Let’s put this simply, we
want need to generate THOUSANDS of grains per second. We want to fill this virtual environment with dozens of interactive sound generators that can be gesturally controlled as audio/visual objects that exist within a fantastical world. But audio requires such a high rate of processing and rock-solid timing, keeping this system performant enough to produce acceptable results presents some challenges.
To provide some perspective, consider the fact that game engines are designed to process things once per visual frame (generally between 60 Hz and 144 Hz). Audio, on the other hand, runs at 44,100 Hz. So, let’s do some quick maths and assume the following:
- Audio sample rate of 44,100hz
- Grain duration of 200ms (44,100 x .2 = 8,820 samples per grain)

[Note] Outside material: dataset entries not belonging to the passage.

use crate::compared::{FaultRow, expect_faults, has_names, is_graph};
use aiger_reader::read;
use net_core::Lit;
use net_file::{Named, NetKind, NetStop};
use std::alloc::Global;
use std::test::Fail;

// The reader as a function of this crate, since the contract of one that is passed on has to stand here.
fn read_text(alloc: Global, text: &[u8]) -> Result<Named, NetStop> {
    read(alloc, text)
}

// A file, how many inputs it has, its gates, its outputs, and the names of the inputs and of the outputs.
type File = (
    &'static [u8],
    u32,
    &'static [(u32, u32)],
    &'static [Lit],
    &'static [u8],
    &'static [u8],
);

// Netlists in both forms of AIGER.
static NETLISTS: [File; 10] = [
    // an AND gate in both forms
    (
        b"aag 3 2 0 1 1\n2\n4\n6\n6 2 4\n",
        2,
        &[(2, 4)],
        &[Lit(6)],
        b"i0,i1,",
        b"o0,",
    ),
    (
        b"aig 3 2 0 1 1\n6\n\x02\x02",
        2,
        &[(4, 2)],
        &[Lit(6)],
        b"i0,i1,",
        b"o0,",
    ),
    // symbols, a comment, and a name with blanks
    (
        b"aig 3 2 0 1 1\n6\n\x02\x02i1 b 1\r\n\no0 f\nc\nx\n",
        2,
        &[(4, 2)],
        &[Lit(6)],
        b"i0,b 1,",
        b"f,",
    ),
    // gates out of order, with gaps among the variables
    (
        b"aag 9 1 0 1 2 0 0\n4\n9\n8 18 5\n18 4 1\n",
        1,
        &[(2, 1), (4, 3)],
        &[Lit(7)],
        b"i0,",
        b"o0,",
    ),
    // gates after those that read them: the first is of level 2
    (
        b"aag 4 2 0 1 2\n2\n4\n8\n8 6 2\n6 2 4\n",
        2,
        &[(2, 4), (6, 2)],
        &[Lit(8)],
        b"i0,i1,",
        b"o0,",
    ),
    (
        b"aag 5 2 0 1 3\n2\n4\n10\n10 7 9\n8 3 5\n6 2 4\n",
        2,
        &[(3, 5), (2, 4), (9, 7)],
        &[Lit(10)],
        b"i0,i1,",
        b"o0,",
    ),
    // six NAND gates of five inputs, each numbered after its operands
    (
        b"aig 11 5 0 2 6\n23\n21\n\x04\x03\x08\x01\x03\x03\x05\x0b\x03\x02\x03\x02",
        5,
        &[(8, 5), (6, 5), (13, 10), (13, 2), (17, 15), (19, 17)],
        &[Lit(23), Lit(21)],
        b"i0,i1,i2,i3,i4,",
        b"o0,o1,",
    ),
    // blanks between the words, a carriage return, leading zeros, and no line feed at the end
    (
        b"aag  \t3 2\t 0 1   1 \r\n 2\r\n\t4\n0006 \n6  2 \t4",
        2,
        &[(2, 4)],
        &[Lit(6)],
        b"i0,i1,",
        b"o0,",
    ),
    // constants, and a delta of two bytes
    (
        b"aag 0 0 0 2 0\n0\n1\n",
        0,
        &[],
        &[Lit(0), Lit(1)],
        b"",
        b"o0,o1,",
    ),
    (b"aig 1 0 0 0 1\n\x82\x00\x00", 0, &[(0, 0)], &[], b"", b""),
];

// Whether a file is read as its row says.
fn reads_as(alloc: Global, file: &File) -> Result<bool, NetStop> {
    let (text, inputs, gates, outputs, input_names, output_names) = *file;
    let named = read(alloc, text)?;
    let is_net = (named.graph.inputs() == inputs) & is_graph(&named.graph, gates, outputs);
    Ok(is_net & has_names(alloc, &named, input_names, output_names)?)
}

#[test]
fn reads_netlists(rt: HostRuntime) -> Result<(), Fail> {
    for file in NETLISTS.iter() {
        assert!(rt; reads_as(rt.alloc(), file)?, "at {:?}", file.0);
    }
    Ok(())
}

// A file, and the names of its inputs and of its outputs.
type Names = (&'static [u8], &'static [u8], &'static [u8]);

// Names of ports in the symbols of either form, and beside comments.
static NAMES: [Names; 7] = [
    // a name with a blank, and a comment
    (
        b"aag 1 1 0 1 0\n2\n2\ni0 in put\no0 q\nc\nx",
        b"in put,",
        b"q,",
    ),
    // a name that begins with a blank; of two carriage returns at the end only the last goes
    (b"aag 1 1 0 1 0\n2\n2\ni0  x\no0 q\r\r\n", b" x,", b"q\r,"),
    // blank lines among the symbols, and no line feed at the end
    (b"aag 1 1 0 1 0\n2\n2\n\ni0 a\n \t\r\n\no0\tb", b"a,", b"b,"),
    // outputs first, positions with leading zeros, and ports that have no name
    (b"aag 2 2 0 1 0\n2\n4\n2\no00 f\ni01 i0\n", b"i0,i0,", b"f,"),
    // names of the binary form
    (
        b"aig 3 2 0 1 1\n6\n\x02\x02i0 a\ni1 b\no0 c\n",
        b"a,b,",
        b"c,",
    ),
    // whatever begins with `c` opens the comment
    (b"aag 1 1 0 1 0\n2\n2\ncomment\ni9 x\n", b"i0,", b"o0,"),
    // bytes of no alphabet
    (b"aag 1 1 0 1 0\n2\n2\ni0 \xff\x00\n", b"\xff\x00,", b"o0,"),
];

// Whether a file gives its ports the names of its row.
fn gives_names(alloc: Global, file: &Names) -> Result<bool, NetStop> {
    let (text, input_names, output_names) = *file;
    let named = read(alloc, text)?;
    Ok(has_names(alloc, &named, input_names, output_names)?)
}

#[test]
fn reads_names(rt: HostRuntime) -> Result<(), Fail> {
    for file in NAMES.iter() {
        assert!(rt; gives_names(rt.alloc(), file)?, "at {:?}", file.0);
    }
    Ok(())
}

// Files that are refused, by what is wrong with them first.
static FAULTS: [FaultRow; 65] = [
    // no header of either form
    (b"", NetKind::Header, 0),
    (b"aag", NetKind::Header, 0),
    (b"aag ", NetKind::Header, 0),
    (b" aag 0 0 0 0 0\n", NetKind::Header, 0),
    (b"aag\t0 0 0 0 0\n", NetKind::Header, 0),
    (b"aig 0 0 0 0\n", NetKind::Header, 0),
    (b"aag 0 0 0 0 0 0 0 0 0 0\n", NetKind::Header, 0),
    (b"aag 0 0 0 0 -0\n", NetKind::Header, 0),
    (b"aag 0 0 0 0 0\0\n", NetKind::Header, 0),
    (b"aag 4294967296 0 0 0 0\n", NetKind::Header, 0),
    // variables too few, or in the binary form too many
    (b"aag 1 1 0 0 1\n2\n4 2 2\n", NetKind::Header, 0),
    (b"aag 1 1 1 0 0\n2\n", NetKind::Header, 0),
    (b"aig 4 2 0 1 1\n6\n\x02\x02", NetKind::Header, 0),
    (b"aig 0 0 0 0 1\n", NetKind::Header, 0),
    // latches come before properties, and these before limits
    (b"aag 1 0 1 0 0\n2 3\n", NetKind::Sequential, 0),
    (b"aag 1 0 1 0 0 1\n2 3\n2\n", NetKind::Sequential, 0),
    (b"aag 0 0 0 0 0 1\n0\n", NetKind::Property, 0),
    (b"aag 4097 4097 0 0 0 0 0 0 1\n", NetKind::Property, 0),
    (b"aag 4097 4097 0 0 0\n", NetKind::TooManyInputs, 0),
    (b"aag 4097 4097 0 4097 0\n", NetKind::TooManyInputs, 0),
    (b"aag 0 0 0 4097 0\n", NetKind::TooManyOutputs, 0),
    (b"aag 4000001 0 0 0 4000001\n", NetKind::TooManyGates, 0),
    (b"aag 16000001 0 0 0 0\n", NetKind::TooManyGates, 0),
    (b"aag 4294967295 0 0 0 0\n", NetKind::TooManyGates, 0),
    // lines that aren't what the header announces
    (b"aag 0 0 0 1 0\nx\n", NetKind::BadLine, 14),
    (b"aag 0 0 0 1 0\n\n", NetKind::BadLine, 14),
    (b"aag 1 1 0 1 0\n2\n2 2\n", NetKind::BadLine, 16),
    (b"aag 1 1 0 0 0\n+2\n", NetKind::BadLine, 14),
    (b"aag 1 0 0 0 1\n2 0\n", NetKind::BadLine, 14),
    (b"aag 1 0 0 0 1\n2 0 0 0\n", NetKind::BadLine, 14),
    (b"aag 1 0 0 1 0\n4\n", NetKind::BadLiteral, 14),
    (b"aag 1 1 0 0 0\n0\n", NetKind::BadLiteral, 14),
    (b"aag 1 1 0 0 0\n3\n", NetKind::BadLiteral, 14),
    (b"aag 1 0 0 0 1\n3 0 0\n", NetKind::BadLiteral, 14),
    (b"aag 1 0 0 0 1\n1 0 0\n", NetKind::BadLiteral, 14),
    (b"aag 1 0 0 0 1\n2 0 4\n", NetKind::BadLiteral, 14),
    (b"aag 1 1 0 0 0\n4294967298\n", NetKind::BadLiteral, 14),
    (
        b"aag 1 1 0 0 0\n18446744073709551618\n",
        NetKind::BadLiteral,
        14,
    ),
    (b"aag 2 2 0 0 0\n2\n2\n", NetKind::Redefined, 16),
    (b"aag 2 1 0 0 1\n2\n2 0 0\n", NetKind::Redefined, 16),
    (b"aag 0 0 0 1 0\n", NetKind::Truncated, 14),
    (b"aag 1 1 0 1 0\n2\n", NetKind::Truncated, 16),
    (b"aag 1 1 0 1 0\n2", NetKind::Truncated, 15),
    (b"aig 1 1 0 2 0\n2\n", NetKind::Truncated, 16),
    // a literal that is bad stands before a variable that is defined twice, and both before one of no line
    (b"aag 2 1 0 0 1\n2\n2 0 9\n", NetKind::BadLiteral, 16),
    (b"aag 3 2 0 1 0\n2\n4\n6\n", NetKind::Undefined, 18),
    (b"aag 1 0 0 1 0\n2\n", NetKind::Undefined, 14),
    (b"aag 3 2 0 1 1\n2\n2\n7\n6 2 4\n", NetKind::Redefined, 16),
    (b"aag 3 1 0 0 1\n2\n6 2 4\n", NetKind::Undefined, 16),
    // deltas that are cut off, too long or out of range
    (b"aig 3 2 0 1 1\n6\n", NetKind::Delta, 16),
    (b"aig 3 2 0 1 1\n6\n\x82", NetKind::Delta, 16),
    (b"aig 3 2 0 1 1\n6\n\x02", NetKind::Delta, 17),
    (b"aig 3 2 0 1 1\n6\n\x07\x00", NetKind::Delta, 16),
    (b"aig 3 2 0 1 1\n6\n\x00\x00", NetKind::Delta, 16),
    (b"aig 3 2 0 1 1\n6\n\x02\x05", NetKind::Delta, 17),
    (b"aig 1 0 0 0 1\n\x82\x82\x82\x82\x82", NetKind::Delta, 14),
    (
        b"aig 1 0 0 0 1\n\x82\x80\x80\x80\x80\x00\x00",
        NetKind::Delta,
        14,
    ),
    // cycles, at the first definition that is on one or above one
    (
        b"aag 4 2 0 1 2\n2\n4\n8\n8 6 2\n6 8 4\n",
        NetKind::Cycle,
        20,
    ),
    (b"aag 3 1 0 0 2\n2\n4 2 2\n6 6 2\n", NetKind::Cycle, 22),
    // symbols
    (b"aag 1 1 0 1 0\n2\n2\ni1 x\n", NetKind::BadSymbol, 18),
    (b"aag 1 1 0 0 0\n2\ni0 x\ni0 y\n", NetKind::BadSymbol, 21),
    (b"aag 1 1 0 0 0\n2\ni0 \n", NetKind::BadSymbol, 16),
    (b"aag 1 1 0 0 0\n2\ni0\n", NetKind::BadSymbol, 16),
    (b"aag 1 1 0 0 0\n2\n i0 x\n", NetKind::BadSymbol, 16),
    (
        b"aig 3 2 0 1 1\n6\n\x02\x02\no1 x\n",
        NetKind::BadSymbol,
        19,
    ),
];

#[test]
fn finds_the_first_fault(rt: HostRuntime) {
    expect_faults(&rt, rt.alloc(), &FAULTS, read_text)
}
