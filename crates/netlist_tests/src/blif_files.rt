//! Files whose netlists and faults are worked out by hand.

mod files;

use crate::compared::is_graph;
use blif_reader::read;
use net_core::Lit;
use net_file::{Named, NetStop};
use std::alloc::Global;
use std::test::Fail;

/// Reads a text, which no test makes longer than a file may be.
pub(crate) fn read_text(alloc: Global, text: &[u8]) -> Result<Named, NetStop> {
    if text.len() > 67_108_864 {
        return Err(NetStop::Memory);
    }
    read(alloc, text)
}

#[test]
fn reads_rows_of_the_on_set(rt: HostRuntime) -> Result<(), Fail> {
    // y is (a AND NOT c) OR b: signals 1 to 3 are a, b and c
    let named = read_text(
        rt.alloc(),
        b".model m of n\n.inputs a b\n.inputs c\r\n.outputs y a\n.names a b c y\n1-0 1\n-1- 1\n.cname n\n.end all\n",
    )?;
    assert!(rt; is_graph(&named.graph, &[(2, 7), (9, 5)], &[Lit(11), Lit(2)]));
    Ok(())
}
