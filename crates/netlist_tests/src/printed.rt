//! Netlists that are printed: the texts, as worked out by hand, and that they are read again.

use aiger_reader::read;
use net_file::Named;
use net_print::{AagParts, AigParts, BlifParts, put_aag, put_aig, put_blif};
use std::alloc::{AllocError, Global};
use std::test::Fail;
use text_core::Parts;

// Whether the three texts of a netlist are these, each after a byte that stands there before.
fn are_texts(
    alloc: Global,
    named: &Named,
    ascii: &[u8],
    binary: &[u8],
    blif: &[u8],
) -> Result<bool, AllocError> {
    Ok(
        is_ascii(alloc, named, ascii)?
            & is_binary(alloc, named, binary)?
            & is_blif(alloc, named, blif)?,
    )
}

fn is_ascii(alloc: Global, named: &Named, text: &[u8]) -> Result<bool, AllocError> {
    let mut out = b">".to_vec(alloc)?;
    put_aag(named, &mut out)?;
    Ok(out.as_slice() == text)
}

fn is_binary(alloc: Global, named: &Named, text: &[u8]) -> Result<bool, AllocError> {
    let mut out = b">".to_vec(alloc)?;
    put_aig(named, &mut out)?;
    Ok(out.as_slice() == text)
}

fn is_blif(alloc: Global, named: &Named, text: &[u8]) -> Result<bool, AllocError> {
    let mut out = b">".to_vec(alloc)?;
    put_blif(named, &mut out)?;
    Ok(out.as_slice() == text)
}

/// An AND and its first input, as BLIF.
const AND_AS_BLIF: &str = "\
>.model npnp
.inputs i0 i1
.outputs o0 o1
.names z
.names i0 i1 g0
11 1
.names g0 o0
1 1
.names i0 o1
1 1
.end
";

/// Netlists as they are read, and the three texts of each: ASCII, binary and BLIF. Ports without names are called by
/// their positions.
static PRINTED: [(&[u8], &[u8], &[u8], &str); 3] = [
    (
        b"aag 3 2 0 2 1\n2\n4\n6\n2\n6 2 4\ni1 b c\n",
        b">aag 3 2 0 2 1\n2\n4\n6\n2\n6 2 4\ni0 i0\ni1 b c\no0 o0\no1 o1\n",
        b">aig 3 2 0 2 1\n6\n2\n\x02\x02i0 i0\ni1 b c\no0 o0\no1 o1\n",
        AND_AS_BLIF,
    ),
    (
        b"aag 3 2 0 2 1\n2\n4\n6\n2\n6 2 4\n",
        b">aag 3 2 0 2 1\n2\n4\n6\n2\n6 2 4\ni0 i0\ni1 i1\no0 o0\no1 o1\n",
        b">aig 3 2 0 2 1\n6\n2\n\x02\x02i0 i0\ni1 i1\no0 o0\no1 o1\n",
        AND_AS_BLIF,
    ),
    (
        b"aag 1 1 0 1 0\n2\n2\n",
        b">aag 1 1 0 1 0\n2\n2\ni0 i0\no0 o0\n",
        b">aig 1 1 0 1 0\n2\ni0 i0\no0 o0\n",
        ">.model npnp\n.inputs i0\n.outputs o0\n.names z\n.names i0 o0\n1 1\n.end\n",
    ),
];

#[test]
fn prints_each_form(rt: HostRuntime) -> Result<(), Fail> {
    for (netlist, ascii, binary, blif) in PRINTED.iter() {
        let named = read(rt.alloc(), netlist)?;
        assert!(rt; are_texts(rt.alloc(), &named, ascii, binary, blif.as_bytes())?);
    }
    Ok(())
}

// How many bytes the longest part of a text has.
fn longest_part<P: Parts + Drop>(alloc: Global, parts: P) -> Result<usize, AllocError> {
    let mut rest = parts;
    let mut part = Vec::new(alloc);
    let mut longest = 0;
    while !rest.is_done() {
        part.clear();
        rest.put_next(&mut part)?;
        longest = longest.max(part.len());
    }
    Ok(longest)
}

fn longest_parts(alloc: Global, named: &Named) -> Result<(usize, usize, usize), AllocError> {
    Ok((
        longest_part(alloc, AagParts::new(named))?,
        longest_part(alloc, AigParts::new(named))?,
        longest_part(alloc, BlifParts::new(&named.graph))?,
    ))
}

#[test]
fn prints_a_line_or_a_cover_at_a_time(rt: HostRuntime) -> Result<(), Fail> {
    let named = read(rt.alloc(), b"aag 3 2 0 2 1\n2\n4\n6\n2\n6 2 4\ni1 b c\n")?;
    let header = b"aag 3 2 0 2 1\n".len();
    let cover = b".names i0 i1 g0\n11 1\n".len();
    assert_eq!(rt; longest_parts(rt.alloc(), &named)?, (header, header, cover));
    Ok(())
}
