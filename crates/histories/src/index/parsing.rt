ghost use Rattle.histories.specs.Indices.{Indexes};

use super::Index;
use rings::Refusal;

impl TryFrom<u8> for Index {
    type Error = Refusal;

    ghost try_from_gives = { Indexes };

    fn try_from(number: u8) -> Result<Index, Refusal> {
        if number < 8 {
            Ok(Index { number })
        } else {
            Err(Refusal::Register(number))
        }
    }
}
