ghost use Rattle.std.specs.Prelude.{◌≡◌, ◌+◌, ◌-◌, ◌*◌, ◌%◌, ◌<◌, ◌≤◌, true, [], ◌∷◌, IfOk};
ghost use Rattle.rings.specs.declared.refusal.Refusal.TheVariants.{Modulus, Redundancy};
ghost use Rattle.rings.specs.Refusals.{answer, ruling, test as checked};
ghost use Rattle.guarded.specs.Moduli.{is_check, is_redundancy, most_redundancy};
ghost use Rattle.guarded.specs.RedundantRing.{redundant_check, redundant_redundancy, redundant_modulus, redundant_words, redundant_root, redundant_element, redundant_meaning, redundant_number};
ghost use Rattle.std.proofs.Common.{rules};
ghost use Rattle.guarded.specs.ModuliLemmas.{known_odd, known_turned};
ghost use Rattle.guarded.specs.RedundantLawful.{redundant_lawful};

use super::Redundant;
use crate::check::CheckModulus;
use crate::ring::GuardedRing;
use rings::{Divisor, Refusal, Ring};

// The ring of a check modulus and an approved t.
fn made(check: CheckModulus, t: u8) -> Redundant
    requires some { 1 ≤ t }
    requires most { t ≤ most_redundancy check.p.number }
    ensures { (result.check ≡ check) × (result.t ≡ t) }
{
    let n = 3329 * check.p.number;
    Redundant {
        check,
        t,
        n,
        words: Divisor::of(n * t as u32),
    }
}

impl Redundant {
    /// The redundant ring of the check modulus p and the redundancy number t, or the refusal of what is not approved.
    pub fn approve(p: u32, t: u8) -> Result<Redundant, Refusal>
        ensures answers { answer result ≡ ruling (checked (is_check p) Modulus ∷ checked (is_redundancy p t) Redundancy ∷ []) }
        ensures made { IfOk result (λ ring. (redundant_check ring ≡ p) × (redundant_redundancy ring ≡ t)) }
    {
        let check = CheckModulus::try_from(p)?;
        if t % 2 == 0 || t > check.most {
            return Err(Refusal::Redundancy);
        }
        Ok(made(check, t))
    }
}

// Each operation reduces by the number of words, 3329 p t, and never by 3329 p: the redundancy of the operands goes into the result.
// The clause `word` of sum, difference and product says so. The trait's clauses stand beside it, since a method's own clauses take the
// place of the trait's, and the prover does not derive those from `word` by itself.
impl Ring for Redundant {
    type Word = u32;

    ghost modulus = { redundant_modulus };

    ghost root = { redundant_root };

    ghost element = { redundant_element };

    ghost meaning = { redundant_meaning };

    ghost odd = { λ s. known_odd s.check.p.number s.check.known };

    ghost halfway = { λ s. known_turned s.check.p.number s.check.known };

    ghost below = { Prim.search rules };

    fn sum(&self, a: u32, b: u32) -> u32
        requires left { redundant_element self.now a ≡ true }
        requires right { redundant_element self.now b ≡ true }
        ensures stays { redundant_element self.now result ≡ true }
        ensures means { redundant_meaning self.now result ≡ (redundant_meaning self.now a + redundant_meaning self.now b) % redundant_modulus self.now }
        ensures word { result ≡ (a + b) % redundant_words self.now }
    {
        let gap = self.words.number - b;
        if a < gap { a + b } else { a - gap }
    }

    fn difference(&self, a: u32, b: u32) -> u32
        requires left { redundant_element self.now a ≡ true }
        requires right { redundant_element self.now b ≡ true }
        ensures stays { redundant_element self.now result ≡ true }
        ensures means { redundant_meaning self.now result ≡ (redundant_meaning self.now a + (redundant_modulus self.now - redundant_meaning self.now b)) % redundant_modulus self.now }
        ensures word { result ≡ (a + (redundant_words self.now - b)) % redundant_words self.now }
    {
        if a < b {
            a + (self.words.number - b)
        } else {
            a - b
        }
    }

    fn product(&self, a: u32, b: u32) -> u32
        requires left { redundant_element self.now a ≡ true }
        requires right { redundant_element self.now b ≡ true }
        ensures stays { redundant_element self.now result ≡ true }
        ensures means { redundant_meaning self.now result ≡ (redundant_meaning self.now a * redundant_meaning self.now b) % redundant_modulus self.now }
        ensures word { result ≡ (a * b) % redundant_words self.now }
    {
        self.words.remainder(a as u64 * b as u64)
    }

    fn power(&self, e: u8) -> u32 {
        self.check.powers()[e as usize]
    }

    fn inverse(&self) -> u32 {
        self.check.scale
    }

    fn zero(&self) -> u32 {
        0
    }

    fn test(&self, w: u32) -> bool {
        w < self.words.number
    }
}

impl GuardedRing for Redundant {
    ghost check = { redundant_check };

    ghost redundancy = { redundant_redundancy };

    ghost number = { redundant_number };

    ghost joint = { Prim.search rules };

    ghost lawful = { λ s. redundant_lawful s.check.p.number s.t s.check.known s.some s.most };

    fn check_modulus(&self) -> u32 {
        self.check.p.number
    }

    fn redundancy_number(&self) -> u8 {
        self.t
    }

    fn lift(&self, s: u16, c: u32, k: u8) -> u32 {
        let p = self.check.p;
        let gap = c + (p.number - s as u32);
        let part = p.remainder(gap as u64 * self.check.inverse as u64);
        s as u32 + 3329 * part + self.n * k as u32
    }

    fn split(&self, w: u32) -> (u16, u32) {
        ((w % 3329) as u16, self.check.p.remainder(w as u64))
    }
}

- Cadence of 5ms (200 grains per second)
Each second, this grain manager needs to copy 1,764,000 samples (8,820 x 200) to the grains. On top of that, each sample needs to have the windowing function and DSP effects applied before it’s finally sent to an audio source’s OnAudioFilterRead function call, each step having its own set of function calls or algorithms applied. While a single instance of this might do fine when developed using an intuitive design approach, one granular synthesiser isn’t enough for the environment we plan to create. And we certainly can’t keep it all in the main CPU thread. The bottom line is, we need to get creative if we want a DSP pipeline that’s efficient, flexible, and tightly integrated with the game environment.
That’s enough for today. We’ve briefly looked at our motivations and potential of the project, chosen our audio synthesis approach, and identified a few technical considerations to have in mind before building a DSP chain in Unity3D.
In the next post, I’ll talk about the design approaches we’ve taken to build our granular synthesiser in Unity3D from a more technical perspective. I will outline the DSP chain we created in C#, and wrap up with the limitations and affordances of 3 distinct methods we’ve used to integrate a granular synthesiser within the Unity3D game environment.